Cape Girardeau has used the tool to attract and encourage expansion of manufacturing, wholesale distribution and warehousing businesses. Cape Girardeau officials also used the incentives to land the Blue Cross and Blue Shield of Missouri insurance facility.

Robinson said business hasn't been greedy.

"Cape Girardeau has been fortunate in having companies that have moved here that haven't asked for the moon," he said.

The state designates an enterprise zone for 15 years, after which it can be reauthorized for another seven years provided that eligibility requirements are met.

Cape Girardeau's enterprise zone is set to expire Dec. 4, 2001. With an extension, the expiration date would be delayed until 2008.

Robinson said the Cape Girardeau City Council next year could begin the process of filing for an extension.
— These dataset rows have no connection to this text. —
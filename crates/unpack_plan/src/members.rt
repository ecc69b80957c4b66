// The control files that are kept with a package.
ghost use Rattle.std.specs.Prelude.{◌≡◌, IfOk, map};
ghost use Rattle.unpack_plan.specs.Members.{named_member, named_other, AreMembersOf};

use administration::Scripts;
use control_members::{Member, Members};
use package_tree::{OtherFile, OtherFiles};
use std::alloc::{AllocError, Global};

// Each name of another file is that of a member.
fn member_of(other: OtherFile) -> Member
    ensures name { result.name ≡ other.name }
    ensures node { result.node ≡ other.node }
{
    Member {
        name: other.name,
        node: other.node,
    }
}

fn other_members(alloc: Global, others: Vec<OtherFile>) -> Result<Vec<Member>, AllocError>
    ensures { IfOk result
        (λ members. map named_member members.items ≡ map named_other others.items) }
{
    let mut members = Vec::new(alloc);
    for other in others {
        members.push(member_of(other))?;
    }
    Ok(members)
}

/// The scripts of a tree and its other files, moved and not copied.
pub(crate) fn own_members(
    alloc: Global,
    scripts: Scripts,
    others: OtherFiles,
) -> Result<Members, AllocError>
    ensures { IfOk result (AreMembersOf scripts others) }
{
    let others = other_members(alloc, others.into_vec())?;
    let members = Members::of(alloc, scripts, others)?;
    Ok(members)
}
Robinson said he hopes state lawmakers will change the law to allow Cape Girardeau and other communities to continue to use enterprise zones as an economic development tool.

In rural areas like Cape Girardeau, an enterprise zone must have at least 1,000 residents but not more than 20,000.

Enterprise zones are designed to promote economic development in blighted areas.

The unemployment rate must be 1.5 times that of the state average and 65 percent of the residents in a zone must have incomes below 80 percent of the state average.

The state has 61 enterprise zones, including three that were federally designated.

Cape Girardeau's zone was the 31st in the state.

The state first set up enterprise zones in 1984.

In all, Missouri's zones have resulted in the opening and expansion of 1,365 businesses, resulting in 48,000 new jobs and new investment of $4 billion, Kleindienst said.

For its part, the state made available $336 million in tax credits to businesses.